The answer must consist of each line of the records below that contains the string "first".

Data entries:
________
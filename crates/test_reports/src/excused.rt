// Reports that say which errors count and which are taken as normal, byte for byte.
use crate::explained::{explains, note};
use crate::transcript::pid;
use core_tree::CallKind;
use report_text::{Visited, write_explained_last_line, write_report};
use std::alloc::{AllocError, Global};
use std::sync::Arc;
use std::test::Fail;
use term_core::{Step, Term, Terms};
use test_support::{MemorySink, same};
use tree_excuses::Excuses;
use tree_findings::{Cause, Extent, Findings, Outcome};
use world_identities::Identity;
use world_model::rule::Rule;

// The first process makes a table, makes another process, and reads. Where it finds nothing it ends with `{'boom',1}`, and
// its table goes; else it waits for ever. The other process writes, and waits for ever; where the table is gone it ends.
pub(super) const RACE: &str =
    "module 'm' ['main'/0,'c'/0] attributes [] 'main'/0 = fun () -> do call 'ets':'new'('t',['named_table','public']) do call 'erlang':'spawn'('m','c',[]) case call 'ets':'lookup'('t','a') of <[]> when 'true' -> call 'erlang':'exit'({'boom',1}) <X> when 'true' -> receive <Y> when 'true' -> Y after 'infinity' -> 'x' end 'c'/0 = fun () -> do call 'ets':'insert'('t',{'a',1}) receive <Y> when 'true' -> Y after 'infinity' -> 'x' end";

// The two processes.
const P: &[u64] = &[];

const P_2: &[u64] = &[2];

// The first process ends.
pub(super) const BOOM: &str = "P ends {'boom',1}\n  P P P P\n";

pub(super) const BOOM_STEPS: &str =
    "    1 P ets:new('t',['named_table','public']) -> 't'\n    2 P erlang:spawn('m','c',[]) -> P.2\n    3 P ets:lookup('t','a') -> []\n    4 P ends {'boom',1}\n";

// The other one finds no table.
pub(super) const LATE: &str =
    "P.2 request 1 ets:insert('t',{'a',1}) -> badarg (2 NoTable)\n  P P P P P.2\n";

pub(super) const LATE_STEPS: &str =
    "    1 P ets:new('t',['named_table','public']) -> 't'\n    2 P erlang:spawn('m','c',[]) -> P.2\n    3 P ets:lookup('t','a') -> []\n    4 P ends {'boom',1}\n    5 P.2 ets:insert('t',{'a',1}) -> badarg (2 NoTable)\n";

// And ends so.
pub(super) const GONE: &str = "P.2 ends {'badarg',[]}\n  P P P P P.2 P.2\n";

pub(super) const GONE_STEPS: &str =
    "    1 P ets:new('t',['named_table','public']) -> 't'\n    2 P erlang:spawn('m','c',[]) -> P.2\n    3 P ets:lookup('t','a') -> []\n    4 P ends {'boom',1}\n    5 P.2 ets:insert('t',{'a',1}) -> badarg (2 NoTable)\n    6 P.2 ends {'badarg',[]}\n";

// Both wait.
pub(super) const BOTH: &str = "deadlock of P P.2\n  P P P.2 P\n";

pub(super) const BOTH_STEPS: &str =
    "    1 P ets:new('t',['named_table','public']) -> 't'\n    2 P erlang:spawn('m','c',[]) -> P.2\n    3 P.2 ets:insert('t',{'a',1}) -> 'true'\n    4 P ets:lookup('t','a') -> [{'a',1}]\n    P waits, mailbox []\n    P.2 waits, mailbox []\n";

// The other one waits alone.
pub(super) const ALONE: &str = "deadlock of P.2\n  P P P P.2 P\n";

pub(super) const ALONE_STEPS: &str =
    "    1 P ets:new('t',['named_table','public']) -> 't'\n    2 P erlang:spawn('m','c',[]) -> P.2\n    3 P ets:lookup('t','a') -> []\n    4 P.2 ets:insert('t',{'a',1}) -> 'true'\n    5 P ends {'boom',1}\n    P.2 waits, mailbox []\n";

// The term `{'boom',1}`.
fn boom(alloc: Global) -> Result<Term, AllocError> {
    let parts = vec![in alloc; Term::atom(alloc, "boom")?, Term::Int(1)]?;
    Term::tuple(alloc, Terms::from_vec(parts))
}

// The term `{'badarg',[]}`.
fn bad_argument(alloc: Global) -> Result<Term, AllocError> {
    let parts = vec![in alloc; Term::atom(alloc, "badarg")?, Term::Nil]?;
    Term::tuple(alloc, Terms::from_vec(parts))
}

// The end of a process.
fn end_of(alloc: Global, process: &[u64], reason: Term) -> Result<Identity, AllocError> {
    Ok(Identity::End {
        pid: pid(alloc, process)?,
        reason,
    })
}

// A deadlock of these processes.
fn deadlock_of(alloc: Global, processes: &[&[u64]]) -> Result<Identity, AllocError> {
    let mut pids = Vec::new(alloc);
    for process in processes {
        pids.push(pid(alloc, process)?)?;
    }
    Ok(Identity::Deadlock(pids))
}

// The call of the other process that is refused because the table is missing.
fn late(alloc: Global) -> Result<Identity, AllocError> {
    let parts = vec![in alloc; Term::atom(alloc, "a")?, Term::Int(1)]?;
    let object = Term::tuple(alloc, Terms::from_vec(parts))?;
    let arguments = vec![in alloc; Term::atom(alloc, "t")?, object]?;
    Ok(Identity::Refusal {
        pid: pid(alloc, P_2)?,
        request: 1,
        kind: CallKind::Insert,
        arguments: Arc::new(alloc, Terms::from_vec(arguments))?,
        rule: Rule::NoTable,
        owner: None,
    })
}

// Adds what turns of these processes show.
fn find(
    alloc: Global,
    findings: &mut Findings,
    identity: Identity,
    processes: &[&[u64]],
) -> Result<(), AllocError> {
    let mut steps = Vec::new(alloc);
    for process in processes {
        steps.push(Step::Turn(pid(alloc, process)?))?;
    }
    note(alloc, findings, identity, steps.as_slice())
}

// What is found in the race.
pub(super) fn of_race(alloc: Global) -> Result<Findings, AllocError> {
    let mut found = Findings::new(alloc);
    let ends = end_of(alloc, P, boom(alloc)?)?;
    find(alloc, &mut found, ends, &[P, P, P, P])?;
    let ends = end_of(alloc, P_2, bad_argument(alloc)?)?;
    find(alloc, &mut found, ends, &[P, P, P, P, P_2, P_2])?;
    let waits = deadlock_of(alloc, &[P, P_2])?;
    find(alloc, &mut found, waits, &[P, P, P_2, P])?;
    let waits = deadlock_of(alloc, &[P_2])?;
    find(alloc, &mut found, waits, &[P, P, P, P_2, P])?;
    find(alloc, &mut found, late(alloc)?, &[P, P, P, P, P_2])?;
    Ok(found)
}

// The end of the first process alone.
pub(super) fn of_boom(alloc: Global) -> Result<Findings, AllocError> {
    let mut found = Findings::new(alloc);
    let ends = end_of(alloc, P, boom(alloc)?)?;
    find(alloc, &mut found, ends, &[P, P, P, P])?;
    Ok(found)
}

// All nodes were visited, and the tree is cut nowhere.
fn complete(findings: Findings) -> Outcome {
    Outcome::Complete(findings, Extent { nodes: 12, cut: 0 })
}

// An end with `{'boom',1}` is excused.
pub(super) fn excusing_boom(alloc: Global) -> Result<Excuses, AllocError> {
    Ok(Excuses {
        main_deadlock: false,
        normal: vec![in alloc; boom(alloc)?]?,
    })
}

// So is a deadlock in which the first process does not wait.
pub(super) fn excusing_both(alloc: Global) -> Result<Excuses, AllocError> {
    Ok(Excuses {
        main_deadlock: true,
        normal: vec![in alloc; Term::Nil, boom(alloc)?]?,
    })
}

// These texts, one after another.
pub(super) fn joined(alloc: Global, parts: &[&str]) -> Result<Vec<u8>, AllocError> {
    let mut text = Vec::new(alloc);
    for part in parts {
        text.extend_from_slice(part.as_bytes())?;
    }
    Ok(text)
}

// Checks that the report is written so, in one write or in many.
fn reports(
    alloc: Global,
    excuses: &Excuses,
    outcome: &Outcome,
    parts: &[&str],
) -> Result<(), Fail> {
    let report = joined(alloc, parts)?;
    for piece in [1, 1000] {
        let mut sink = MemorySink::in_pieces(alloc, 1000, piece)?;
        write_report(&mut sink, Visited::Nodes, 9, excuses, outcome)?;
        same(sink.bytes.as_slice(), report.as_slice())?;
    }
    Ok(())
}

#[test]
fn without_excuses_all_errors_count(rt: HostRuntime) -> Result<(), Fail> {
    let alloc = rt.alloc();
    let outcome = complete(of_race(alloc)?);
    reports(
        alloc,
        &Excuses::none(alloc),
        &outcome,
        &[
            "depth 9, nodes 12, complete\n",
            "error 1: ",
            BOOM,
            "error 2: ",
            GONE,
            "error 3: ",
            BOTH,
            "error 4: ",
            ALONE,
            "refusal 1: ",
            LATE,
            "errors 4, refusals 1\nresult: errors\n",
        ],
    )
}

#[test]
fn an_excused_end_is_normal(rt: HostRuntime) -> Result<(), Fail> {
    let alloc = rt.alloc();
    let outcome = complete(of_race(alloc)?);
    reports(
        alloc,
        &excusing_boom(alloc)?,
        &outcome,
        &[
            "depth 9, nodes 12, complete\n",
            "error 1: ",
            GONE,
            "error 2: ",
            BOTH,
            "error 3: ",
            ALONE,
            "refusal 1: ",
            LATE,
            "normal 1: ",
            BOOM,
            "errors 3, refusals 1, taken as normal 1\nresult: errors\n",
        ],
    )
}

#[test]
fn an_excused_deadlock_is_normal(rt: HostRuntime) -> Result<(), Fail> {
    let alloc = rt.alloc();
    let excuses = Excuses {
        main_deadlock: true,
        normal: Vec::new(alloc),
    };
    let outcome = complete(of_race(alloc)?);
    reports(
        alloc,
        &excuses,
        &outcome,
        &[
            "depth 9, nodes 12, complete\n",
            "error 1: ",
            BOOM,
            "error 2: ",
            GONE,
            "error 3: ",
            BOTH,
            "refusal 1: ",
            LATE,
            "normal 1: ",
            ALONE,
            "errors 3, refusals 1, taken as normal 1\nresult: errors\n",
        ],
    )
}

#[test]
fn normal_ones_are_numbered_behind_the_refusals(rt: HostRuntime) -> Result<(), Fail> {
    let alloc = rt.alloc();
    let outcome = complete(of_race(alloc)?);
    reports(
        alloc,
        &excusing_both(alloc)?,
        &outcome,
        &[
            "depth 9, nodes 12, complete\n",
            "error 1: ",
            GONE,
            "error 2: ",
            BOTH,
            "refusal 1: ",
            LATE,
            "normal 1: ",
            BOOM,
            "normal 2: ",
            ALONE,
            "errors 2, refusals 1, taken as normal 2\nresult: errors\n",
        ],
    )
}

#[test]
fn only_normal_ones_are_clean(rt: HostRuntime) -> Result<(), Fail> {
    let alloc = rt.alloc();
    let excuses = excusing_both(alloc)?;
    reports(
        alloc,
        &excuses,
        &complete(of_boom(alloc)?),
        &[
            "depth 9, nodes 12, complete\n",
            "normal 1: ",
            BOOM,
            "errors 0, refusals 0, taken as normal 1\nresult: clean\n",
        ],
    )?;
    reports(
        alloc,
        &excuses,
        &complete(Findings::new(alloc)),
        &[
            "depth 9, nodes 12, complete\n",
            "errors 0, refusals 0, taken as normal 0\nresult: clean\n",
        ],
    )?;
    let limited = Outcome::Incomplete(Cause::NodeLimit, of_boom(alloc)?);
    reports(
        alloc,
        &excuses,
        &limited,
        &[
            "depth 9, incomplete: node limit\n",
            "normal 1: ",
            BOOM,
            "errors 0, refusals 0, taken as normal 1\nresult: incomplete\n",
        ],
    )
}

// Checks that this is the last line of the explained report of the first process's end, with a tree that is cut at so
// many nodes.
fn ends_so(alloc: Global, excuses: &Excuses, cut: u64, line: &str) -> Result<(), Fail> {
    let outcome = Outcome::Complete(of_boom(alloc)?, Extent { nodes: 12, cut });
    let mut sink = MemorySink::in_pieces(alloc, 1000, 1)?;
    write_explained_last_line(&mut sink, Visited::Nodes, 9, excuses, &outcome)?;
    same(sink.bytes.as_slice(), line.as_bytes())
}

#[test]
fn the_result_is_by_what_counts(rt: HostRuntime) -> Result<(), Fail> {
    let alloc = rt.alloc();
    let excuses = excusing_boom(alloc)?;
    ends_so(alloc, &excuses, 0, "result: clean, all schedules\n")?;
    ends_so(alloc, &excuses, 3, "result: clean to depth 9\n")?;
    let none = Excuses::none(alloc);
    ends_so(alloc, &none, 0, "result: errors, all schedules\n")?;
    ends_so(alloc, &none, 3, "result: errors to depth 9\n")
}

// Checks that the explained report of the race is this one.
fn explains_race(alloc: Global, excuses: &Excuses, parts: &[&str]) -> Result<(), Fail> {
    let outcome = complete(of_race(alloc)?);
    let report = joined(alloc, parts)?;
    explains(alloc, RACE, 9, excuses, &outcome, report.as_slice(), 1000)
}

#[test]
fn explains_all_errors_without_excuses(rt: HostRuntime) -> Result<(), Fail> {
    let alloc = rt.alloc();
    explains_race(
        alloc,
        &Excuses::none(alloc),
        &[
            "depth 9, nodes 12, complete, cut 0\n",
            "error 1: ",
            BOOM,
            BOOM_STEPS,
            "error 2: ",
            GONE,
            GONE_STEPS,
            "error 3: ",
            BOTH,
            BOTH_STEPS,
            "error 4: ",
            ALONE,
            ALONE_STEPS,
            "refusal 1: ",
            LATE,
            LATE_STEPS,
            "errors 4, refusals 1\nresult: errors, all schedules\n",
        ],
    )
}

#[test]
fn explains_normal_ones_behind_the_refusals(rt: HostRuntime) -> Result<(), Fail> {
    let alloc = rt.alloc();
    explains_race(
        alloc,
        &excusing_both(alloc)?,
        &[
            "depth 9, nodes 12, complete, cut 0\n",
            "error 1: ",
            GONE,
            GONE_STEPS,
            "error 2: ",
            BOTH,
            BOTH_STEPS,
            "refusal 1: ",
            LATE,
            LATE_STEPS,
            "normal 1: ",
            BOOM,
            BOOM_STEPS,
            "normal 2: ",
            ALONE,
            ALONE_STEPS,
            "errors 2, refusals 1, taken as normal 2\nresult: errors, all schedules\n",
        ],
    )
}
________
_Response to the task_
// The first process makes a table, makes another process, and reads. Where it finds nothing it ends with `{'boom',1}`, and
// The first process ends.
// The end of the first process alone.
// So is a deadlock in which the first process does not wait.
// Checks that this is the last line of the explained report of the first process's end, with a tree that is cut at so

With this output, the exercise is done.